Department of Plant Biotechnology and Bioinformatics, Ghent University, Technologiepark 927, B-9052, Gent, Belgium.
Department of Bioinformatics and Genomics, University of North Carolina at Charlotte, North Carolina Research Campus, Kannapolis, NC, 28081, USA.
Bioinformatics Institute Ghent, Ghent University, Technologiepark 927, 9052, Ghent, Belgium.


Alternative splicing and the usage of alternate transcription start- or stop sites allows a single gene to produce multiple transcript isoforms. Most plant genes express certain isoforms at a significantly higher level than others, but under specific conditions this expression dominance can change, resulting in a different set of dominant isoforms. These events of differential transcript usage (DTU) have been observed for thousands of Arabidopsis thaliana, Zea mays and Vitis vinifera genes, and have been linked to development and stress response.

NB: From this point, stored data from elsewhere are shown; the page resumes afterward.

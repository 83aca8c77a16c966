//! The two link ends of a pair, seen from one of them.

ghost use Rattle.tipc_pair.specs.Runs.{IsListed};
ghost use Rattle.tipc_outside.specs.declared.outgoing.Outgoing.{Outgoing};
ghost use Rattle.std.specs.Prelude.{All, ℕ, List, ◌<◌, Err, ◌≡◌, ◌≤◌, ◌||◌, ◌==◌, [], ◌++◌, true, false, if◌then◌else◌, nat_lt, Some, None, length, IfOk, IfNone, IfSome, OnErr, OnOk};
ghost use Rattle.tipc_outside.specs.Frames.{Adds, AddsFirst};
ghost use Rattle.tipc_link.specs.Links.{LinkEnd};
ghost use Rattle.tipc_pair.specs.Facing.{is_held_at, is_up_at, state_of};
ghost use Rattle.tipc_pair.specs.PairCalls.{last_count_of, load_of, numbered_of};
ghost use Rattle.tipc_link.specs.Sessions.{SessionEnd};
ghost use Rattle.tipc_link_fsm.specs.Table.{is_last};

use crate::leaving::Leaving;
use std::alloc::Global;
use std::marker::Model;
use tipc_contact::{Contact, Standing};
use tipc_link::Link;
use tipc_outside::Outbox;
use tipc_reassembly::Reassembly;
use tipc_send_window::OfferFault;
use tipc_types::{Addr, BroadcastState, LinkState, NoMemory, Pieces};

/// The link ends of a pair, of which one is the near one: all calls are at the near link, and [`LinkEnds::face`] says
/// which that is.
#[derive(Drop)]
pub(crate) struct LinkEnds {
    pub(crate) own: Addr,
    pub(crate) peer: Addr,
    pub(crate) numbers: Contact,
    /// The bearer of the near link.
    pub(crate) bearer: u8,
    pub(crate) near: Option<Link>,
    pub(crate) far: Option<Link>,
    /// What is begun of what was taken on either link.
    pub(crate) reassembly: Reassembly,
}

impl Model for LinkEnds {
    ghost use Rattle.tipc_pair.specs.Facing.{PairEnds};
    ghost use Rattle.tipc_pair.specs.PairFacts.{IsPairOfEnds};

    ghost Value = { PairEnds };

    ghost view = { λ p. record {
      own = p.own.word;
      peer = p.peer.word;
      contact = p.numbers.own;
      seen = p.numbers.seen;
      bearer = p.bearer;
      near = p.near;
      far = p.far;
      begun = p.reassembly;
    } };

    ghost invariant = { λ p. IsPairOfEnds (record {
      own = p.own.word;
      peer = p.peer.word;
      contact = p.numbers.own;
      seen = p.numbers.seen;
      bearer = p.bearer;
      near = p.near;
      far = p.far;
      begun = p.reassembly;
    }) };
}

impl LinkEnds {
    ghost use Rattle.tipc_pair.specs.PairFacts.{IsPairOfEnds};
    ghost use Rattle.tipc_pair.specs.Facing.{active, alone, facing, in_contact, turned, with_made};
    ghost use Rattle.tipc_pair.specs.Courses.{AddsCourse};
    ghost use Rattle.tipc_pair.specs.PairCalls.{answered_near, at_bearer, cut_at, cut_near, mended, session_at, tick_near, ticked, Puts};

    /// The pair of a node that has just begun this boot: no end is made.
    pub(crate) fn new(alloc: Global, own: Addr, peer: Addr, boot: u32) -> LinkEnds
        ensures { result ≡ alone own.word peer.word boot }
    {
        LinkEnds {
            own,
            peer,
            numbers: Contact::new(boot),
            bearer: 0,
            near: None,
            far: None,
            reassembly: Reassembly::new(alloc),
        }
    }

    /// A pair that is as this one.
    pub(crate) fn copy(&self) -> Result<LinkEnds, NoMemory>
        ensures { IfOk result (λ ends. ends ≡ self.now) }
    {
        Ok(LinkEnds {
            own: self.own,
            peer: self.peer,
            numbers: self.numbers,
            bearer: self.bearer,
            near: copy_link(&self.near)?,
            far: copy_link(&self.far)?,
            reassembly: self.reassembly.copy()?,
        })
    }

    /// The far link becomes the near one.
    pub(crate) fn turn(&mut self)
        ensures { self.new ≡ turned self.old }
    {
        let near = self.near.take();
        self.near = self.far.take();
        self.far = near;
        self.bearer = 1 - self.bearer;
    }

    /// The link of this bearer becomes the near one, or stays it.
    #[tactic(auto, unfolding(crate::specs::Facing::facing))]
    pub(crate) fn face(&mut self, bearer: u8)
        requires { bearer ≤ 1 }
        ensures after { self.new ≡ facing bearer self.old }
        ensures bearer { self.new.bearer ≡ bearer }
    {
        if self.bearer != bearer {
            self.turn();
        }
    }

    /// Makes the near end, which is on a bearer that counts as cut.
    pub(crate) fn make(&mut self)
        requires { self.old.near ≡ None }
        ensures { self.new ≡ with_made self.old }
    {
        let mut link = Link::new(self.own, self.peer, self.bearer, self.numbers.own);
        link.show_contact(self.numbers.own, self.numbers.seen);
        self.near = Some(link);
    }

    /// Whether the near link is up.
    pub(crate) fn near_is_up(&self) -> bool
        ensures { result ≡ is_up_at self.now.near }
    {
        is_up(&self.near)
    }

    /// Whether the far link is up.
    pub(crate) fn far_is_up(&self) -> bool
        ensures { result ≡ is_up_at self.now.far }
    {
        is_up(&self.far)
    }

    /// Whether the node is in contact with the peer: a link is up.
    pub(crate) fn in_contact(&self) -> bool
        ensures value { result ≡ in_contact self.now }
        // The contact number isn't the last of its boot then.
        ensures going_on { result ≡ true → is_last self.now.contact ≡ false }
    {
        is_up(&self.near) || is_up(&self.far)
    }

    /// What is true of every pair is true of it. It does nothing.
    pub(crate) fn sound(&self)
        ensures { IsPairOfEnds self.now }
    {
        let _ = &self.bearer;
    }

    /// The contact numbers: the node's own, and the highest that the peer has shown.
    pub(crate) fn contact_numbers(&self) -> (u64, u64)
        ensures own { result.0 ≡ self.now.contact }
        ensures seen { result.1 ≡ self.now.seen }
    {
        (self.numbers.own, self.numbers.seen)
    }

    /// How a contact number that the peer shows stands to the highest seen.
    pub(crate) fn standing(&self, number: u64) -> Standing
        ensures { result ≡ (if nat_lt number self.now.seen then Standing.Lower else
            (if number == self.now.seen then Standing.Same else Standing.Higher)) }
    {
        let mut numbers = self.numbers;
        numbers.show(number)
    }

    /// The near link's bearer is mended: as [`Link::mend`].
    #[tactic(auto, using(tipc_outside::proofs::Adding::gains_none))]
    pub(crate) fn mend(&mut self, alloc: Global, out: &mut Outbox)
        ensures after { self.new ≡ (mended self.old).pair }
        ensures frames { AddsFirst out.old out.new (mended self.old).states }
    {
        let Some(link) = &mut self.near else {
            return;
        };
        link.mend(alloc, out);
    }

    /// Sends the STATE that is due after an arrival on the near link: as [`Link::answer`].
    #[tactic(auto, using(tipc_outside::proofs::Adding::gains_none))]
    pub(crate) fn answer(
        &mut self,
        alloc: Global,
        broadcast: u32,
        due: bool,
        shown: BroadcastState,
        out: &mut Outbox,
    )
        ensures after { self.new ≡ (answered_near broadcast due shown self.old).pair }
        ensures frames { Adds out.old out.new (answered_near broadcast due shown self.old).states }
    {
        let Some(link) = &mut self.near else {
            return;
        };
        link.answer(alloc, broadcast, due, shown, out);
    }

    /// Puts packets on the near link, which is up: as [`Link::send`].
    ///
    /// # Errors
    ///
    /// Congested exactly where at least `limit` packets wait; else NoMemory. Either changes nothing.
    pub(crate) fn send(
        &mut self,
        alloc: Global,
        pieces: Pieces,
        limit: u32,
        out: &mut Outbox,
    ) -> Result<(), OfferFault>
        requires up { is_up_at self.old.near ≡ true }
        requires pieces { All IsListed pieces }
        ensures ok { OnOk result ((frames : List Outgoing) × ((puts : Puts self.old pieces self.new frames) ×
            (length puts.session.sending.waiting < limit)) ×
            Adds out.old out.new frames) }
        ensures congested { (s : SessionEnd) → session_at self.old.near ≡ Some s → limit ≤ length s.sending.waiting →
            result ≡ Err (OfferFault.Congested (length s.sending.unacked) (length s.sending.waiting)) }
        ensures congested_only { (s : SessionEnd) (in_flight waiting : ℕ) → session_at self.old.near ≡ Some s →
            result ≡ Err (OfferFault.Congested in_flight waiting) → limit ≤ length s.sending.waiting }
        ensures err { OnErr result ((self.new ≡ self.old) × (out.new ≡ out.old)) }
    {
        let Some(link) = &mut self.near else {
            unreachable!()
        };
        link.send(alloc, pieces, limit, out)
    }

    /// The end on a bearer, or none.
    #[tactic(auto, unfolding(crate::specs::Facing::facing))]
    pub(crate) fn end_on(&self, bearer: u8) -> &Option<Link>
        requires { bearer ≤ 1 }
        ensures { result.now ≡ (facing bearer self.now).near }
    {
        if self.bearer == bearer {
            &self.near
        } else {
            &self.far
        }
    }

    /// The bearer of the active link. None exactly where no link is up.
    pub(crate) fn active(&self) -> Option<u8>
        ensures { result ≡ active self.now }
    {
        if is_up(self.end_on(0)) {
            return Some(0);
        }
        if is_up(self.end_on(1)) {
            return Some(1);
        }
        None
    }

    /// The near link's bearer is cut, and then either end may be released.
    pub(crate) fn cut(&mut self, alloc: Global, event: &mut Leaving) -> Result<(), NoMemory>
        ensures after { OnOk result (self.new ≡ (cut_near self.old).pair) }
        ensures adds { OnOk result (AddsCourse event.old event.new (cut_near self.old)) }
    {
        self.cut_link(alloc, event)?;
        self.release(alloc, event);
        Ok(())
    }

    /// The near link's bearer is cut: a link that is up goes down, and is held where the far link is up.
    #[tactic(auto, using(tipc_outside::proofs::Adding::gains_none))]
    fn cut_link(&mut self, alloc: Global, event: &mut Leaving) -> Result<(), NoMemory>
        ensures after { OnOk result (self.new ≡ (cut_at self.old self.old.near).pair) }
        ensures adds { OnOk result (AddsCourse event.old event.new (cut_at self.old self.old.near)) }
    {
        let held = self.far_is_up();
        let Some(link) = &mut self.near else {
            return Ok(());
        };
        let change = link.cut(held);
        self.follow(alloc, change, 0, event)
    }

    /// A tick of both links, bearer 0's first, and then either end may be released.
    pub(crate) fn tick(
        &mut self,
        alloc: Global,
        shown: BroadcastState,
        event: &mut Leaving,
    ) -> Result<(), NoMemory>
        ensures after { OnOk result (self.new ≡ (ticked shown self.old).pair) }
        ensures adds { OnOk result (AddsCourse event.old event.new (ticked shown self.old)) }
        ensures bearer { self.old.bearer ≡ 0 → OnOk result (self.new.bearer ≡ 0) }
    {
        self.tick_on(alloc, 0, shown, event)?;
        self.tick_on(alloc, 1, shown, event)?;
        self.release(alloc, event);
        Ok(())
    }

    /// A tick of the link of a bearer.
    fn tick_on(
        &mut self,
        alloc: Global,
        bearer: u8,
        shown: BroadcastState,
        event: &mut Leaving,
    ) -> Result<(), NoMemory>
        requires { bearer ≤ 1 }
        ensures after { OnOk result (self.new ≡ (at_bearer bearer self.old (tick_near shown)).pair) }
        ensures adds { OnOk result (AddsCourse event.old event.new (at_bearer bearer self.old (tick_near shown))) }
        ensures bearer { OnOk result (self.new.bearer ≡ self.old.bearer) }
    {
        let before = self.bearer;
        self.face(bearer);
        self.tick_near(alloc, shown, event)?;
        self.face(before);
        Ok(())
    }

    /// A tick of the near link.
    #[tactic(auto, using(tipc_outside::proofs::Adding::gains_none))]
    fn tick_near(
        &mut self,
        alloc: Global,
        shown: BroadcastState,
        event: &mut Leaving,
    ) -> Result<(), NoMemory>
        ensures after { OnOk result (self.new ≡ (tick_near shown self.old).pair) }
        ensures adds { OnOk result (AddsCourse event.old event.new (tick_near shown self.old)) }
    {
        let held = self.far_is_up();
        let Some(link) = &mut self.near else {
            return Ok(());
        };
        let change = link.tick(alloc, held, shown, &mut event.out);
        self.follow(alloc, change, 0, event)
    }
}

/// An end, or none, that is as this one.
fn copy_link(link: &Option<Link>) -> Result<Option<Link>, NoMemory>
    ensures { IfOk result (λ copy. copy ≡ link.now) }
{
    match link {
        Some(link) => Ok(Some(link.copy()?)),
        None => Ok(None),
    }
}

/// Whether there is an end, and its link is up.
pub(crate) fn is_up(link: &Option<Link>) -> bool
    ensures { result ≡ is_up_at link.now }
{
    match link {
        Some(link) => link.is_up(),
        None => false,
    }
}

/// Whether there is an end, and it is held.
pub(crate) fn is_held(link: &Option<Link>) -> bool
    ensures { result ≡ is_held_at link.now }
{
    match link {
        Some(link) => matches!(link.state(), LinkState::Held),
        None => false,
    }
}

/// The state of an end. None exactly where there is none.
pub(crate) fn state_of(link: &Option<Link>) -> Option<LinkState>
    ensures { result ≡ state_of link.now }
{
    match link {
        Some(link) => Some(link.state()),
        None => None,
    }
}

/// The load of an end: zeros where there is none, or its link isn't up.
pub(crate) fn load_of(link: &Option<Link>) -> (u32, u32)
    ensures { result ≡ load_of link.now }
{
    match link {
        Some(link) if link.is_up() => link.load().unwrap_or((0, 0)),
        _ => (0, 0),
    }
}

/// The own epoch of an end's present session, or of its last one, and how many packets were numbered in it. None
/// exactly where there is no end, or it had no session.
pub(crate) fn last_count_of(link: &Option<Link>) -> Option<(u64, u64)>
    ensures { result ≡ last_count_of link.now }
{
    match link {
        Some(link) => link.last_count(),
        None => None,
    }
}

/// How many packets each direction of an end numbered. None exactly where there is none, or it had no session.
pub(crate) fn numbered_of(link: &Option<Link>) -> Option<(u64, u64)>
    ensures { result ≡ numbered_of link.now }
{
    match link {
        Some(link) => link.numbered(),
        None => None,
    }
}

However, neither the characteristics of these genes, nor the implications of DTU on their protein coding sequences or functions, are currently well understood. Here we present a dataset of isoform dominance and DTU for all genes in the AtRTD2 reference transcriptome based on a protocol that was benchmarked on simulated data and validated through comparison with a published reverse transciptase-polymerase chain reaction panel. We report DTU events for 8148 genes across 206 public RNA-Seq samples, and find that protein sequences are affected in 22% of the cases. The observed DTU events show high consistency across replicates, and reveal reproducible patterns in response to treatment and development. We also demonstrate that genes with different evolutionary ages, expression breadths and functions show large differences in the frequency at which they undergo DTU, and in the effect that these events have on their protein sequences. Finally, we showcase how the generated dataset can be used to explore DTU events for genes of interest or to find genes with specific DTU in samples of interest.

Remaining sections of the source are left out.